Job market ‘worse than 1970s’ after UK strikes

A usually busy Waterloo station is nearly empty in London on June 21, 2022, as the biggest rail strike in over 30 years hits the UK.

Ben Stansal | Afp | fake images

LONDON – The labor market is “worse than it was in the 1970s”, with massive rail strikes in the UK offering a sign of things to come, according to Nobel Prize-winning economist Christopher Pissarides.

Britain’s RMT Union confirmed on Monday that planned rail strikes will continue this week after talks with rail companies failed to reach an agreement on jobs, wages and conditions. About four-fifths of the trains have been cancelled, with more strikes planned later this month and in July.

Pissarides, the Regius professor of economics at the London School of Economics, told CNBC on Tuesday that labor markets are going through “some of the toughest periods” he has seen.

“It’s even worse than the 1970s, in the sense that we need to make bigger adjustments in labor markets.

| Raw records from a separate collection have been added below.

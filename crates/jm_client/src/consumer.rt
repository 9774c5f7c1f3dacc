//! Consumers.

ghost use Rattle.std.specs.Prelude.{◌≡◌, ◌⊎◌, Err, true};
ghost use Rattle.jm_base.specs.declared.refusal.Refusal.TheVariants.{OutOfRange};
ghost use Rattle.jm_client.specs.Told.{Answers, Receives, Told, is_missed, missed_reply};
ghost use Rattle.jm_error.specs.Refused.{bare};
ghost use Rattle.jm_machine.specs.declared.answer.Answer.TheVariants.{Missed as MissedSoFar};
ghost use Rattle.jm_machine.specs.declared.call.Call.TheVariants.{Ask};
ghost use Rattle.jm_machine.specs.declared.call.Request.TheVariants.{CloseConsumer, Missed};
ghost use Rattle.jm_machine.specs.declared.call.Who.TheVariants.{Session as BySession};

use crate::backend::Backend;
use crate::plain::Plain;
use crate::provider::Provider;
use crate::shared::Way;
use jm_core::{Answer, Delivery, Request, Who};
use jm_dest::{ConsumerId, SessionId};
use jm_error::Error;
use jm_keep::NoKeep;
use std::marker::Model;
use std::sync::Wait;
use std::time::{Clock, Duration};

/// A consumer, which closes as it is dropped. Contracts see its session and its number.
pub struct Consumer<'p, R: Wait + Clock, B: Backend = Plain<NoKeep>> {
    provider: &'p Provider<'p, R, B>,
    session: SessionId,
    pub(crate) id: ConsumerId,
}

impl<'p, R: Wait + Clock, B: Backend> Model for Consumer<'p, R, B> {
    ghost use Rattle.std.specs.Prelude.{ℕ};
    ghost use Rattle.jm_dest.specs.declared.session.SessionId.{SessionId};

    ghost Value = { SessionId × ℕ };

    ghost view = { λ c. (c.session, c.id) };
}

/// Closes the session's consumer of that number.
fn end<R: Wait + Clock, B: Backend>(
    provider: &Provider<'_, R, B>,
    session: SessionId,
    id: ConsumerId,
) -> Result<(), Error>
    ensures { Answers (BySession session) (CloseConsumer id) result }
{
    provider.ask_plain(
        Who::Session(session),
        Request::CloseConsumer { consumer: id },
    )
}

impl<'p, R: Wait + Clock, B: Backend> Drop for Consumer<'p, R, B> {
    fn drop(self) {
        let Consumer {
            provider,
            session,
            id,
        } = self;
        let _ = end(provider, session, id);
    }
}

/// How many publications were missed, where that was answered.
fn number_of(answer: &Answer) -> u64
    requires { is_missed answer.now ≡ true }
    ensures { answer.now ≡ MissedSoFar result }
{
    match answer {
        Answer::Missed(number) => *number,
        Answer::Done | Answer::Sent(_) | Answer::Delivered(_) | Answer::Nothing => unreachable!(),
    }
}

impl<'p, R: Wait + Clock, B: Backend> Consumer<'p, R, B> {
    /// The session's consumer of that number, which is open.
    pub(crate) fn new(
        provider: &'p Provider<'p, R, B>,
        session: SessionId,
        id: ConsumerId,
    ) -> Consumer<'p, R, B>
        ensures { result ≡ (session, id) }
    {
        Consumer {
            provider,
            session,
            id,
        }
    }

    /// The next message, or none where none came within the timeout, which may be zero; `Duration::MAX` waits without an end.
    /// It looks again whenever another call may have brought a message, and 50 times a second, since a message that was held
    /// back comes with no call. On a stopped connection none comes. In modes `Auto` and `Dups` the message is settled; in the
    /// others it is out to the session. After a refusal no message was taken:
    ///
    /// - `IllegalState`: the consumer, its session or its connection is closed, also while it waits.
    /// - `OutOfRange`: the clock is not read.
    /// - `Memory`: a request for memory was refused.
    /// - `Store`: the keeper failed.
    pub fn receive(&self, timeout: Duration) -> Result<Option<Delivery>, Error>
        ensures { (result ≡ Err (bare OutOfRange)) ⊎ Receives self.now.0 self.now.1 result }
    {
        self.provider
            .await_message(Way::Receive, &self.session, self.id, timeout)
    }

    /// The next message, or none where none is there now. A message and a refusal are as `receive` says.
    pub fn receive_no_wait(&self) -> Result<Option<Delivery>, Error>
        ensures { (result ≡ Err (bare OutOfRange)) ⊎ Receives self.now.0 self.now.1 result }
    {
        let provider = self.provider;
        let now = provider.now()?;
        provider
            .shared
            .lock(provider.rt)
            .ask_message(Way::Receive, self.session, self.id, now)
    }

    /// How many publications the consumer's subscription missed, since it was at its limit; at 18,446,744,073,709,551,615 it
    /// stays (ours). Of a queue, which has no limit, 0. Takes no memory.
    ///
    /// - `IllegalState`: the consumer, its session or its connection is closed.
    pub fn missed(&self) -> Result<u64, Error>
        ensures { Told (BySession self.now.0) (Ask (Missed self.now.1)) (missed_reply result) }
    {
        let request = Request::Missed { consumer: self.id };
        let answer = self.provider.ask(Who::Session(self.session), request)?;
        Ok(number_of(&answer))
    }

    /// Closes the consumer. A subscription of its own ends, and a shared one that is not durable with its last consumer; what
    /// was received stays out to the session, where the subscription stands. Where it is refused the consumer stays open, and
    /// nobody has it.
    ///
    /// - `IllegalState`: its session is not known any more (ours).
    /// - `Store`: the keeper failed.
    pub fn close(self) -> Result<(), Error>
        ensures { Answers (BySession self.entry.0) (CloseConsumer self.entry.1) result }
    {
        let Consumer {
            provider,
            session,
            id,
        } = self;
        end(provider, session, id)
    }
}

We have new technologies that bring automation, and in fact union leaders are complaining about job losses, the box office, that’s because of new technology,” he said.

In addition, economies around the world are facing skyrocketing inflation, especially when it comes to food and energy, largely due to the war in Ukraine. Pissarides said “there’s no way we can avoid the pain of that” and that the British government therefore faces the challenge of trying to spread that pain across the economy.

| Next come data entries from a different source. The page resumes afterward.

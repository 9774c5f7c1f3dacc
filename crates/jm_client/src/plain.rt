//! A core with its keeper, and nothing beside.

ghost use Rattle.std.specs.Prelude.{◌≡◌, ◌≤◌, false, IsTrue, IsErrOf};
ghost use Rattle.jm_client.specs.Locked.{IsKeptStep};
ghost use Rattle.jm_plans.specs.Provider.{state_of};
ghost use Rattle.jm_plans.specs.Steps.{StepFits};
ghost use Rattle.jm_keep.specs.Persisted.{IsPersisted};
ghost use Rattle.jm_keep.specs.Stored.{HasRisen};
ghost use Rattle.jm_kept.specs.Kept.{KeptFits};

use crate::backend::Backend;
use jm_base::Refusal;
use jm_core::{Answer, Core, Step};
use jm_dest::SessionId;
use jm_header::Message;
use jm_keep::Keep;
use std::alloc::Global;
use std::marker::Model;

/// A core and its keeper, without a trace: the backend of a service (ours). Contracts see both. Where the keeper is clean, what
/// it has stored is what is stored of the core's state.
#[derive(Drop)]
pub struct Plain<K: Keep + Drop> {
    alloc: Global,
    core: Core,
    keeper: K,
}

impl<K: Keep + Drop> Model for Plain<K> {
    ghost use Rattle.std.specs.Prelude.{IsTrue};
    ghost use Rattle.jm_client.specs.Locked.{CoreKept};
    ghost use Rattle.jm_plans.specs.Provider.{state_of};
    ghost use Rattle.jm_keep.specs.Persisted.{IsPersisted};

    ghost Value = { CoreKept K };

    ghost view = { λ p. record { core = p.core; keeper = p.keeper } };

    ghost invariant = { λ p. IsTrue (K.is_clean p.keeper) → IsPersisted (state_of p.core) (K.stored p.keeper) };
}

impl<K: Keep + Drop> Plain<K> {
    /// The core with its keeper, which has stored what is stored of the core's state, where it is clean. Takes no memory.
    pub fn new(alloc: Global, core: Core, keeper: K) -> Plain<K>
        requires { IsTrue (K.is_clean keeper) → IsPersisted (state_of core) (K.stored keeper) }
        ensures { (result.core ≡ core) × (result.keeper ≡ keeper) }
    {
        Plain {
            alloc,
            core,
            keeper,
        }
    }

    /// One step, as `jm_kept::step` makes it, with its refusals.
    pub fn step(&mut self, step: &Step) -> Result<Answer, Refusal>
        ensures fits { KeptFits (state_of self.old.core) step.now.who step.now.call result (state_of self.new.core) }
        ensures without { K.is_keeping self.old.keeper ≡ false →
            StepFits (state_of self.old.core) step.now.who step.now.call result (state_of self.new.core) }
        ensures alone { K.is_keeping self.old.keeper ≡ false → self.new.keeper ≡ self.old.keeper }
        ensures store { IsErrOf result Refusal.Store → HasRisen (K.faults self.old.keeper) (K.faults self.new.keeper) }
        ensures faults { K.faults self.old.keeper ≤ K.faults self.new.keeper }
        ensures clean { IsTrue (K.is_clean self.new.keeper) → IsTrue (K.is_clean self.old.keeper) }
        ensures kept { IsTrue (K.is_clean self.new.keeper) → IsPersisted (state_of self.old.core) (K.stored self.old.keeper) →
            IsPersisted (state_of self.new.core) (K.stored self.new.keeper) }
    {
        let Plain {
            alloc,
            core,
            keeper,
        } = self;
        jm_kept::step(*alloc, core, keeper, step)
    }

    /// The core and its keeper.
    pub fn into_parts(self) -> (Core, K)
        ensures parts { (result.0 ≡ self.core) × (result.1 ≡ self.keeper) }
        ensures kept { IsTrue (K.is_clean result.1) → IsPersisted (state_of result.0) (K.stored result.1) }
    {
        let Plain {
            alloc: _,
            core,
            keeper,
        } = self;
        (core, keeper)
    }
}

impl<K: Keep + Drop> Backend for Plain<K> {
    ghost core_of = { λ p. p.core };

    ghost IsStep = { IsKeptStep K.is_keeping K.is_clean K.faults K.stored };

    fn core(&self) -> &Core {
        &self.core
    }

    fn apply(&mut self, step: &Step) -> Result<Answer, Refusal> {
        self.step(step)
    }

    fn publish(&mut self, session: SessionId, message: Message) -> Result<Answer, Refusal> {
        let Plain {
            alloc,
            core,
            keeper,
        } = self;
        jm_kept::publish(*alloc, core, keeper, session, message)
    }
}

“There are not many sectors of the economy that have strong unions. We don’t have large nationalized industries like we had in the ’70s when all manufacturing was on strike, and so that makes it very difficult to say, ‘Those of you who have strong unions, we will give you full compensation for these clashes. outsiders and we’ll let the others carry the whole load,'” Pissarides explained.

Inflation of ‘domestic manufacture’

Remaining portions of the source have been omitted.